Read the lines of the data below and retrieve those with "Prelude".

◆ ◆ ◆ ◆ ◆ ◆ ◆

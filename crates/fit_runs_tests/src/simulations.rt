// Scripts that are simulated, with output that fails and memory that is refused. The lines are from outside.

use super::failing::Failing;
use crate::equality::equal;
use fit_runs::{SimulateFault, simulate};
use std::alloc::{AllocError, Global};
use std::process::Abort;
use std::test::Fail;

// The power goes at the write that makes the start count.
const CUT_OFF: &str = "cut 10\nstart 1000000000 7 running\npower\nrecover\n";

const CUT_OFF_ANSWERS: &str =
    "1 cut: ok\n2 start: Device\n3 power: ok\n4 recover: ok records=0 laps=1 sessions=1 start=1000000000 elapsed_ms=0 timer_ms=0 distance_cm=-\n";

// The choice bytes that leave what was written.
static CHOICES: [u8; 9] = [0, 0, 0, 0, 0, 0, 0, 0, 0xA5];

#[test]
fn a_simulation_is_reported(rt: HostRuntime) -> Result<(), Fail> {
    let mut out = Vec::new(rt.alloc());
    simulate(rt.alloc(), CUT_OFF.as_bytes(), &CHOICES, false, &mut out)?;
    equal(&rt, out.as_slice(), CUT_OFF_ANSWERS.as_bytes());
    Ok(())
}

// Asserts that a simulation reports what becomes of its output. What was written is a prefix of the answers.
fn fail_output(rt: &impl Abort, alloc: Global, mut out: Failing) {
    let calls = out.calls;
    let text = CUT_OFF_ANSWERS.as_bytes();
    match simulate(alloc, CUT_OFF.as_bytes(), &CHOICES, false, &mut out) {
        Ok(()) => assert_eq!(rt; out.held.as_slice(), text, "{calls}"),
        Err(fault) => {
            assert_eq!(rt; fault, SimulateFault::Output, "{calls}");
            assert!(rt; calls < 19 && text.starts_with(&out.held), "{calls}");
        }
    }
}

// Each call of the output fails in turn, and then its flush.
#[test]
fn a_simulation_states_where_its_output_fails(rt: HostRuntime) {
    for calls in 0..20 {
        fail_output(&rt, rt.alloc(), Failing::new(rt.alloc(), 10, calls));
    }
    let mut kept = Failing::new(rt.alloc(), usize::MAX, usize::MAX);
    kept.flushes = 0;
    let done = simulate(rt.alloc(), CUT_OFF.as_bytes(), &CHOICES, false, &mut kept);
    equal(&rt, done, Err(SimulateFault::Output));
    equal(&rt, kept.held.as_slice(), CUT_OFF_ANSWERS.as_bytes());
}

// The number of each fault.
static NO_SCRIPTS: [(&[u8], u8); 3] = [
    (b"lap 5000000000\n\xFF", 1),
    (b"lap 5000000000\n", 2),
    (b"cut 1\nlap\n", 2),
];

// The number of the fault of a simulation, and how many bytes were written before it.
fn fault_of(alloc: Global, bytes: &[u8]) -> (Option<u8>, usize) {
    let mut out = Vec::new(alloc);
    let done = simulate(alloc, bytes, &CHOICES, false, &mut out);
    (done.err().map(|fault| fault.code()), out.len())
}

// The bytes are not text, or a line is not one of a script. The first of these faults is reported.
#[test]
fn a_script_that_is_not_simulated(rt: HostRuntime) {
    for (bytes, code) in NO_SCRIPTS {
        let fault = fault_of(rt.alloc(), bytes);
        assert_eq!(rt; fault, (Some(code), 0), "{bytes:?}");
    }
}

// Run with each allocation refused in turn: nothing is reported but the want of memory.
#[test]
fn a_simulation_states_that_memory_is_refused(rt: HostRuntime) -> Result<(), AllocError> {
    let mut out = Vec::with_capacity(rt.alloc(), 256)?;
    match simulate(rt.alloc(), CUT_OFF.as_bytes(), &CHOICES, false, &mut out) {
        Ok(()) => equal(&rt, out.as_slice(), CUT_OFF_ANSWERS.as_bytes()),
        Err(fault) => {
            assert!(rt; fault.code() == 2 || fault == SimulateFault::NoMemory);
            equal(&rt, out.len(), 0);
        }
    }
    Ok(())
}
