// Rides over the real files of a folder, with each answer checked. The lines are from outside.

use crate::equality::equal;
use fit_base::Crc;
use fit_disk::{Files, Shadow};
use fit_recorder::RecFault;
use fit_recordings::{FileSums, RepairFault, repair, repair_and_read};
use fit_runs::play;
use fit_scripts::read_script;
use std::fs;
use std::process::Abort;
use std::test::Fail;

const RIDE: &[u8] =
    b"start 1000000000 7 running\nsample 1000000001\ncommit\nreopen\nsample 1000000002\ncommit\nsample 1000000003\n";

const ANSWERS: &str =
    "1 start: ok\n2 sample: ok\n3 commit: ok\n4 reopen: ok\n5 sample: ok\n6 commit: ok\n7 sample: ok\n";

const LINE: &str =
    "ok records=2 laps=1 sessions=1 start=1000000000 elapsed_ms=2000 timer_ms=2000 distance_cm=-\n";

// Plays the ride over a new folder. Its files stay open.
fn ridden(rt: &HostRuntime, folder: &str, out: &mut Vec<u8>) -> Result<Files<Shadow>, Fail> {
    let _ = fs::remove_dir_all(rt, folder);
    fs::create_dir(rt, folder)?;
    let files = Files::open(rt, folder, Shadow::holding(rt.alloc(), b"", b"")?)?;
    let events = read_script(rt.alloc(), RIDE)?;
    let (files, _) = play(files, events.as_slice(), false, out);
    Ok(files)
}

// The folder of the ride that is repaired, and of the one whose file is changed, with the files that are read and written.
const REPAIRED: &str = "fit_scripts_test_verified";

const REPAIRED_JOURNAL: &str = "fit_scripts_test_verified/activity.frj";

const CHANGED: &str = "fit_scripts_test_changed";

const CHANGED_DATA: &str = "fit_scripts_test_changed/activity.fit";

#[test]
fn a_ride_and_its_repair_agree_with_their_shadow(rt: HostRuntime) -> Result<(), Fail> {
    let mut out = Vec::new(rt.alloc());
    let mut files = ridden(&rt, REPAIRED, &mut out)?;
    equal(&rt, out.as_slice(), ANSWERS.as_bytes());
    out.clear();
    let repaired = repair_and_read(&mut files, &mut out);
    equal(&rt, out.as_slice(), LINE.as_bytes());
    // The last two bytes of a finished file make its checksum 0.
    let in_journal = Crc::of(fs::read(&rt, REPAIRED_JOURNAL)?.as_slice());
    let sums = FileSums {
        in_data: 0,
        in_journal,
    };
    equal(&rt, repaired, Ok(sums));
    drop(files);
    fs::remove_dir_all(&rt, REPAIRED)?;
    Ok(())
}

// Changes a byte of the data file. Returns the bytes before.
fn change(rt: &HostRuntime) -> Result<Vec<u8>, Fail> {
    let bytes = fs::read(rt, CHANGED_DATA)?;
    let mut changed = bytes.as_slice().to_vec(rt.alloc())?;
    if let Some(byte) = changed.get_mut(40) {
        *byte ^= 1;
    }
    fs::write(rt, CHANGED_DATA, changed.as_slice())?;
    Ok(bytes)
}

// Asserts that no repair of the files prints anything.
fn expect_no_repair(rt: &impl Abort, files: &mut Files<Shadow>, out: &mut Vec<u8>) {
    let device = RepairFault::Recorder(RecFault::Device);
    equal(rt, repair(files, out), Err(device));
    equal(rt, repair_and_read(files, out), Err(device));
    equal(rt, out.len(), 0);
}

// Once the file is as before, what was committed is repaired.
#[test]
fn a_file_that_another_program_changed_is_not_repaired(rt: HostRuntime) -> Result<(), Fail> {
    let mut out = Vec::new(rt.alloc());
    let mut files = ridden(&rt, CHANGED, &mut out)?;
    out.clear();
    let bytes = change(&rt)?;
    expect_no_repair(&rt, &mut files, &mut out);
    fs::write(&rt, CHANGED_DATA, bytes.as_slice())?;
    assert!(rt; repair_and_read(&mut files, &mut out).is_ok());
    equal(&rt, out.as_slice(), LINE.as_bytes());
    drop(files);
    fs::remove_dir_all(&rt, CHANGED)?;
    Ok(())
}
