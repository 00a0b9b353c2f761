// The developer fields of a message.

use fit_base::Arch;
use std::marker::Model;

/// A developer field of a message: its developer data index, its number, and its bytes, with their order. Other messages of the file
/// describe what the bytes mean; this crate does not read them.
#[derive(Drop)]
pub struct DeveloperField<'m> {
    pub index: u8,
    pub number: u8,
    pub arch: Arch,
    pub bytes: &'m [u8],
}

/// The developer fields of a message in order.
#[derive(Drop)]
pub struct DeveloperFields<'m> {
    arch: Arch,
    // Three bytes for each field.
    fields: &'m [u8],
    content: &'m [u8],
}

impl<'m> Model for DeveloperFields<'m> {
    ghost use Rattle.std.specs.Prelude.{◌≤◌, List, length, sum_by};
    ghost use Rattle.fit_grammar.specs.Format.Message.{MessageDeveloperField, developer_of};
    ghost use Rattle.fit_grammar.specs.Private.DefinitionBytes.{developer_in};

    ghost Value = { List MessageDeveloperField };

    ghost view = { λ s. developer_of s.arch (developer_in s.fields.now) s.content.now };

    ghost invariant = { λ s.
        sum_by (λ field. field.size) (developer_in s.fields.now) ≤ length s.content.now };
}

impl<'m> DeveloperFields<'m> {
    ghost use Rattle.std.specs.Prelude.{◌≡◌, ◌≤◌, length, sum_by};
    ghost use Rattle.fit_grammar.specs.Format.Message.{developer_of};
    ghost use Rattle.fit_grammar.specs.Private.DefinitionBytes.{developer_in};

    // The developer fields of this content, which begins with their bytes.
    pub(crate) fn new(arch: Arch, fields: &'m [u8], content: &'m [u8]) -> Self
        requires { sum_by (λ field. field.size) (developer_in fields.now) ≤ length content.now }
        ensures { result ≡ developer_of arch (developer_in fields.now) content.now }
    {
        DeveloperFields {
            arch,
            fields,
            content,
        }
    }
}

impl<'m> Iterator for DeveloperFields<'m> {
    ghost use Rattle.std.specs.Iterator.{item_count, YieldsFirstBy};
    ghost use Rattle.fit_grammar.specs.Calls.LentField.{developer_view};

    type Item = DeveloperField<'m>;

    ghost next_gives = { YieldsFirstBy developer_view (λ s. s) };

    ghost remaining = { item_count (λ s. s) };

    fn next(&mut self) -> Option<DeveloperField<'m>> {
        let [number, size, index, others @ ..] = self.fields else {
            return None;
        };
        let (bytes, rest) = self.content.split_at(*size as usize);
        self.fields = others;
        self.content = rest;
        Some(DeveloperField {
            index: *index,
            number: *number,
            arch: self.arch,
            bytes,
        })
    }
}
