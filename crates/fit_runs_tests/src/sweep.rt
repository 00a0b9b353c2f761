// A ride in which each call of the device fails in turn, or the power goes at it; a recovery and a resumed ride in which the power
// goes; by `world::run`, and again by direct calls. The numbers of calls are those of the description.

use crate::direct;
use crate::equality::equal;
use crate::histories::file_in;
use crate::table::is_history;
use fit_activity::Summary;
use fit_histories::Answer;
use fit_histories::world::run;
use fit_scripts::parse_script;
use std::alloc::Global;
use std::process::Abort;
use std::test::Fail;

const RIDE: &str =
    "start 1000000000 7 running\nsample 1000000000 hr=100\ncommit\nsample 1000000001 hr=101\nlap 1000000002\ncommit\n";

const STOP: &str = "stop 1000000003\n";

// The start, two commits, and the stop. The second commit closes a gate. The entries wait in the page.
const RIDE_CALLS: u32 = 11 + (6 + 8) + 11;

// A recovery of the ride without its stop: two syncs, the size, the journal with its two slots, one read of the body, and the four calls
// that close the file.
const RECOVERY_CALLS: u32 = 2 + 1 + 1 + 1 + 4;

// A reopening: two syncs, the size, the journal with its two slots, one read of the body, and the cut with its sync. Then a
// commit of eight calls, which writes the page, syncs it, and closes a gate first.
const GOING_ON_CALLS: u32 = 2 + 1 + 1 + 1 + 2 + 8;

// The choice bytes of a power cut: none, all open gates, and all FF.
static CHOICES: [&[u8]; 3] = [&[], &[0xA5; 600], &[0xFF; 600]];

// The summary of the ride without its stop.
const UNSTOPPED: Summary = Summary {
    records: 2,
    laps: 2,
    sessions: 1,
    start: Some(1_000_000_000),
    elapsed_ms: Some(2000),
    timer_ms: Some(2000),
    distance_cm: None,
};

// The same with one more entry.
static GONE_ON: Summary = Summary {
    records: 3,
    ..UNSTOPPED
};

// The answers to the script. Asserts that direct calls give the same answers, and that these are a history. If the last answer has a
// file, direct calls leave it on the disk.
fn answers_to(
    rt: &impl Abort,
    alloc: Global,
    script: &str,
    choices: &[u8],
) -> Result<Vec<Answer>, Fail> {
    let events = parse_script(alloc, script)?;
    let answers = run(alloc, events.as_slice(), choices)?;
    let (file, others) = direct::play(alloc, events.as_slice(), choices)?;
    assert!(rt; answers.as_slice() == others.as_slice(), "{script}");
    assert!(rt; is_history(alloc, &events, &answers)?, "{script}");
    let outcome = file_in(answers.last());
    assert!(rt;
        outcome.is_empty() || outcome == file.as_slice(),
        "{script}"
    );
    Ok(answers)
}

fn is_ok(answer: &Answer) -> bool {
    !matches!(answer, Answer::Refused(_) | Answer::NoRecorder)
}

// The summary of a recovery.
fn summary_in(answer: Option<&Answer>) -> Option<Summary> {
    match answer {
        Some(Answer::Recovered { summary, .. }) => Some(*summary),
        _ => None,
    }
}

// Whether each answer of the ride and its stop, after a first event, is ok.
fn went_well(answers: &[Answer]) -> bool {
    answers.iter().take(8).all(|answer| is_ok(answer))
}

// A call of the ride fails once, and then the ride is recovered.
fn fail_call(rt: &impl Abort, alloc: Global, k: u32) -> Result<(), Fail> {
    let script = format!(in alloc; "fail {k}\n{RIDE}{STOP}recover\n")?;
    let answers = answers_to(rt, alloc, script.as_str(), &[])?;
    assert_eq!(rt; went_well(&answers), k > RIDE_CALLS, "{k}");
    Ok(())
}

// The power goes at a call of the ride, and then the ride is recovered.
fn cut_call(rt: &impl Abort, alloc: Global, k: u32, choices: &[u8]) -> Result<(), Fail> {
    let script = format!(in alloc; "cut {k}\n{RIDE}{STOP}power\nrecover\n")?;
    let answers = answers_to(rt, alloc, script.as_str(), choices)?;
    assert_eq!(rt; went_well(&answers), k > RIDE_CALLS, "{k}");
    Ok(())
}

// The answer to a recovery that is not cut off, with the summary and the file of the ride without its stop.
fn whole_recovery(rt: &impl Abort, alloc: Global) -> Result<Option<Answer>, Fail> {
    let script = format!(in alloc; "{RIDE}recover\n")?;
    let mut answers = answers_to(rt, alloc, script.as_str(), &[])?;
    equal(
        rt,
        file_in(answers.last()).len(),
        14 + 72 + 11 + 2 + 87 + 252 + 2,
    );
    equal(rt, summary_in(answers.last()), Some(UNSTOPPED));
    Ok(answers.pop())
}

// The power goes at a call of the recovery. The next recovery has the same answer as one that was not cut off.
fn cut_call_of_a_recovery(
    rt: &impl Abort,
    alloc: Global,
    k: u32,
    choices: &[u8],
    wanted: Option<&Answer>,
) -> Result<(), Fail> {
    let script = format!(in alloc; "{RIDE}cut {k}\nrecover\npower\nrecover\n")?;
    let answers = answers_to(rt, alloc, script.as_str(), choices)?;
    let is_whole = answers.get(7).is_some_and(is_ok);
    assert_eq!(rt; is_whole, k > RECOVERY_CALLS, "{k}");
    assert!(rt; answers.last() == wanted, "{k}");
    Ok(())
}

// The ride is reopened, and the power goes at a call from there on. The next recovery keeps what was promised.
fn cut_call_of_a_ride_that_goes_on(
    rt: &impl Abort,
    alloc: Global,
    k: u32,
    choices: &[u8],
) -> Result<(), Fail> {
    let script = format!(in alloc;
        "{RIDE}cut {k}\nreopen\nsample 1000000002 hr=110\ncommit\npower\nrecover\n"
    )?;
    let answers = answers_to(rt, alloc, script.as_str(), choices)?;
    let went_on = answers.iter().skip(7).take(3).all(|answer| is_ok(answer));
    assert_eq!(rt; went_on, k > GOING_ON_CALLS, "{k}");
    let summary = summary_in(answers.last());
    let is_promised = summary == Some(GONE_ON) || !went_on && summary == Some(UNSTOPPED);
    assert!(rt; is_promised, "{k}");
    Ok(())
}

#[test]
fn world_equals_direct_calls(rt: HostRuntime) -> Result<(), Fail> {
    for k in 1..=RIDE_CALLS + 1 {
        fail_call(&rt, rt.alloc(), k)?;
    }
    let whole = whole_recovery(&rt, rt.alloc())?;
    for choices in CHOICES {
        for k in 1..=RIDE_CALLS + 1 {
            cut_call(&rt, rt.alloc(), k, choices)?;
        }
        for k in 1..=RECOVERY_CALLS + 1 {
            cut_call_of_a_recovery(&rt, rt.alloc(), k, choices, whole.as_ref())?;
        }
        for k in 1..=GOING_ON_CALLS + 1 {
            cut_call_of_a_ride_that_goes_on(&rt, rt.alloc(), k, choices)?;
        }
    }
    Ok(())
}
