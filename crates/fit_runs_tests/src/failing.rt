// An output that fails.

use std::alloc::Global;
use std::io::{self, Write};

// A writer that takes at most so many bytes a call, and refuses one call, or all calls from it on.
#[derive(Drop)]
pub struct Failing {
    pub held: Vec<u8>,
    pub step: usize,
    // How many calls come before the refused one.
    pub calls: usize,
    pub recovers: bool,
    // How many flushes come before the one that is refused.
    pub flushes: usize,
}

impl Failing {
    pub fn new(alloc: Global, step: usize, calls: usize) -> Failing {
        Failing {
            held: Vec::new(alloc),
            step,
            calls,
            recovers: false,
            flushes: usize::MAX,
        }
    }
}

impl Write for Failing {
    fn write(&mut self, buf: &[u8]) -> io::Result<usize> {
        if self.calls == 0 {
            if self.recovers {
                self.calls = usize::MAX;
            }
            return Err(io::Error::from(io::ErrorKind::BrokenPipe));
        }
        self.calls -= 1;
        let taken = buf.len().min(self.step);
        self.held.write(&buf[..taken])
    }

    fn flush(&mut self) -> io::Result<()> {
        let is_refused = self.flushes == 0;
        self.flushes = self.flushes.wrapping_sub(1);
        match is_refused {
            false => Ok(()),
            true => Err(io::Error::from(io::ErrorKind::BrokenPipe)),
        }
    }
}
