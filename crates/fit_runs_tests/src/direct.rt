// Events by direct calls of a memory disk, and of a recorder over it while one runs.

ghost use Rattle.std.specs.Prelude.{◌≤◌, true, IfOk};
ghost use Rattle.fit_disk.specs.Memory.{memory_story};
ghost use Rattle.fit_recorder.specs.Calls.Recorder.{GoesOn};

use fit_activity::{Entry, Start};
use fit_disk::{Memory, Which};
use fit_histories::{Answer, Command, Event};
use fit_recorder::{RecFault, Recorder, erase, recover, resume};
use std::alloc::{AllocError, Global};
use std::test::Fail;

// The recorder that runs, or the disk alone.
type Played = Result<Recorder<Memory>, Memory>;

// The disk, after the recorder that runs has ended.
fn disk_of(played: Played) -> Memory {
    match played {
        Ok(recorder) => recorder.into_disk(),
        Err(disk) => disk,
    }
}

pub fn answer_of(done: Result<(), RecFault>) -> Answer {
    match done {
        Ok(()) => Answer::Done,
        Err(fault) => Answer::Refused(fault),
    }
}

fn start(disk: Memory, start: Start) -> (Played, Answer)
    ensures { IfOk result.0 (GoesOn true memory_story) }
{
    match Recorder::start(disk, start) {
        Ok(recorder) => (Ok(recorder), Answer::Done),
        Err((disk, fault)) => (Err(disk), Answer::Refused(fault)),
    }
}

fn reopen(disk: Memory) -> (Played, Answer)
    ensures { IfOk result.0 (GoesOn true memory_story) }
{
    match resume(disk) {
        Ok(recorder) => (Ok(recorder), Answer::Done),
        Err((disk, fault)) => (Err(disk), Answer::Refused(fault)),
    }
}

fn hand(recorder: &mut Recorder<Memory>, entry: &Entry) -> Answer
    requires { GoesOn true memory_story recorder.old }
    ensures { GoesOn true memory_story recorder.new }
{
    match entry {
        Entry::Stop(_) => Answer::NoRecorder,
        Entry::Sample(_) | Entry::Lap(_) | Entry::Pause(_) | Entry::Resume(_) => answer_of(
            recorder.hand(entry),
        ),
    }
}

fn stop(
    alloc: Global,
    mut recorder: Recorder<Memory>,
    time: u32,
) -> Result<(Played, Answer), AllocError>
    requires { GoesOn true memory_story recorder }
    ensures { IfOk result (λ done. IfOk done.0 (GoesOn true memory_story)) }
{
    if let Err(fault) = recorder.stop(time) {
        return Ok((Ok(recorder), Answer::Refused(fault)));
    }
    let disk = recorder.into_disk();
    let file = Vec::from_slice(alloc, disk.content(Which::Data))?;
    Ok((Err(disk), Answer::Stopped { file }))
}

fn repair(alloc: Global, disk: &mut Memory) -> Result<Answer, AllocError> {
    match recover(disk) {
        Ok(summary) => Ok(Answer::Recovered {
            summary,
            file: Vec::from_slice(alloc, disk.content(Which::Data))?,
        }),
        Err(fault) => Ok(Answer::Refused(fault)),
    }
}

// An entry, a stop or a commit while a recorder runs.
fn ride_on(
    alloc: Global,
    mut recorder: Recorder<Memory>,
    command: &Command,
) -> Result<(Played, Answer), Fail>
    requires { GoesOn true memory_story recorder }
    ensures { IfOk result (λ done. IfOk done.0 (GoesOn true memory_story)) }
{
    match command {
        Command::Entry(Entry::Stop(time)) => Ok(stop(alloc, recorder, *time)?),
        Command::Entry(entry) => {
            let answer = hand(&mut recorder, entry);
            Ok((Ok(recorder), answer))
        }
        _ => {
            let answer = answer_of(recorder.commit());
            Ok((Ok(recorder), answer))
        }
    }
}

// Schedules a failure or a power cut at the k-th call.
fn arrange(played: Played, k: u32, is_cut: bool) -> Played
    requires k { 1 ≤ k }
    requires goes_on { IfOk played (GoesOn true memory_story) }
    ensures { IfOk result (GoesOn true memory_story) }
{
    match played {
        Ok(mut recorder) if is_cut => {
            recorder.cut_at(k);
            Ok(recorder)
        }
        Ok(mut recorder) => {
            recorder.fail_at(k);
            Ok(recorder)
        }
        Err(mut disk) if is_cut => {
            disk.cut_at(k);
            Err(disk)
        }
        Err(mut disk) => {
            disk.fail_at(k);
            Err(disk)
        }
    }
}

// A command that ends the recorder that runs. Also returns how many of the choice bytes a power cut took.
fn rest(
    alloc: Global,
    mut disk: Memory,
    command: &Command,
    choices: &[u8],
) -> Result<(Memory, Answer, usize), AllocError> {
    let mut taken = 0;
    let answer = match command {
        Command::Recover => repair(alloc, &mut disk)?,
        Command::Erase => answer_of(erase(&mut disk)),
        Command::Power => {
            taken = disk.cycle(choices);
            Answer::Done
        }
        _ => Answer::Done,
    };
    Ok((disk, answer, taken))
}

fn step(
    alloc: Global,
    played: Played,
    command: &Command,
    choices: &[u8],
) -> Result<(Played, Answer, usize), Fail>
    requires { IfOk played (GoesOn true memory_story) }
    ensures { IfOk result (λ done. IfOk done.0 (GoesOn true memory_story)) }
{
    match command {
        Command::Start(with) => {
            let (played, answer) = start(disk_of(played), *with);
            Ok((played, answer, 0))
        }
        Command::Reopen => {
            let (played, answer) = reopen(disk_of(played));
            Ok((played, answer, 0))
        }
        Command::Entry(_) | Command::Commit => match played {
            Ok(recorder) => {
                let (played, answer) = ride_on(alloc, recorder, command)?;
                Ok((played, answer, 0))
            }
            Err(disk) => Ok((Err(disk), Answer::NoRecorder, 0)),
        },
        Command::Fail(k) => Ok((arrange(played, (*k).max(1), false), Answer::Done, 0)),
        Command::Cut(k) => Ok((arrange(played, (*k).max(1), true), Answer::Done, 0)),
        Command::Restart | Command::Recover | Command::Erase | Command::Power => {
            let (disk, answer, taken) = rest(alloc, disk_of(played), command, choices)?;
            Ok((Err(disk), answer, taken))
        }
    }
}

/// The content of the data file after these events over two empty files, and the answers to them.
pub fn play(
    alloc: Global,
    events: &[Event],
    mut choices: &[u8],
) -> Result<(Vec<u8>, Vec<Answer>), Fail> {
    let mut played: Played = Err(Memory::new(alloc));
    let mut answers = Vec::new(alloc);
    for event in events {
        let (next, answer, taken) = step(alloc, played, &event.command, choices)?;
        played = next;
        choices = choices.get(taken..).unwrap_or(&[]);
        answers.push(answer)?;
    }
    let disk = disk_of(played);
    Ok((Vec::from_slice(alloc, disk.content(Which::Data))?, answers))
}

◆ ◆ ◆ ◆ ◆ ◆ ◆

RESPONSE AREA
    ghost use Rattle.std.specs.Prelude.{◌≤◌, List, length, sum_by};
    ghost use Rattle.std.specs.Prelude.{◌≡◌, ◌≤◌, length, sum_by};
ghost use Rattle.std.specs.Prelude.{◌≤◌, true, IfOk};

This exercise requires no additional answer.